In 1971, two large mock Tudor homes at the end of Longfellow Avenue served as Casa Corleone for the filming of Francis Ford Coppola's classic movie The Godfather.

== Demographics ==
For census purposes, the New York City Department of City Planning classifies Emerson Hill as part of a larger Neighborhood Tabulation Area called Todt Hill-Emerson Hill-Lighthouse Hill-Manor Heights SI0203. This designated neighborhood had 32,822 inhabitants based on data from the 2020 United States Census. This was an increase of 1,971 persons (6.4%) from the 30,851 counted in 2010. The neighborhood had a population density of 7.8 inhabitants per acre (14,500/sq mi; 5,600/km^{2}).

The racial makeup of the neighborhood was 62.8% (20,597) White (Non-Hispanic), 4.1% (1,348) Black (Non-Hispanic), 19.8% (6,486) Asian, and 3% (971) from two or more races. Hispanic or Latino of any race were 10.4% (3,420) of the population.

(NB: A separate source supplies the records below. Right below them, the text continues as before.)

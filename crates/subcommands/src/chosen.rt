// One figure of a job: word 2 names the job or the drawing, word 3 the figure.
use crate::lines::figure_number;
use crate::sources::{figure_of, front, header_of, read_job};
use explanation::figures;
use job::{Header, MOST_BYTES};
use refusal::Refusal;
use std::rt::Stderr;
use terminal::host::Host;
use terminal::status::Status;
use walking::figures::Figure;

// The figure with its number, and what its job says before its outlines.
#[derive(Clone, Copy)]
pub struct Chosen {
    pub k: usize,
    pub header: Header,
    pub figure: Figure,
}

// The figure that words 2 and 3 name; or the status where there is none, which was told.
pub fn choose<H: Host>(host: &H) -> Result<Chosen, Status> {
    let mut buffer = [0u8; MOST_BYTES + 1];
    let n = read_job(host, 2, &mut buffer)?;
    let job = front(&buffer, n);
    let err = host.console().err;
    let header = header_of(err, job)?;
    let k = figure_number(host, 3, header.outlines)?;
    let figure = figure_of(err, job, k)?;
    Ok(Chosen { k, header, figure })
}

// A figure that is refused, told in words.
pub fn refuse_figure(err: Stderr, k: usize, figure: &Figure, why: Refusal) -> Status {
    figures::explain(err, k, why, figure.corners(), figure.lengths());
    Status::Refused
}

According to the 2020 United States Census, this area has many cultural communities of over 1,000 inhabitants. This include residents who identify as Puerto Rican, German, Irish, Italian, Indian, and Chinese.

The largest age group was people 55-74 years old, which made up 24.9% of the residents. 75.1% of the households had at least one family present. Out of the 10,623 households, 57.1% had a married couple (22.4% with a child under 18), 3.1% had a cohabiting couple (1.2% with a child under 18), 14.3% had a single male (1.6% with a child under 18), and 25.4% had a single female (3.9% with a child under 18). 32.7% of households had children under 18. In this neighborhood, 30.3% of non-vacant housing units are renter-occupied.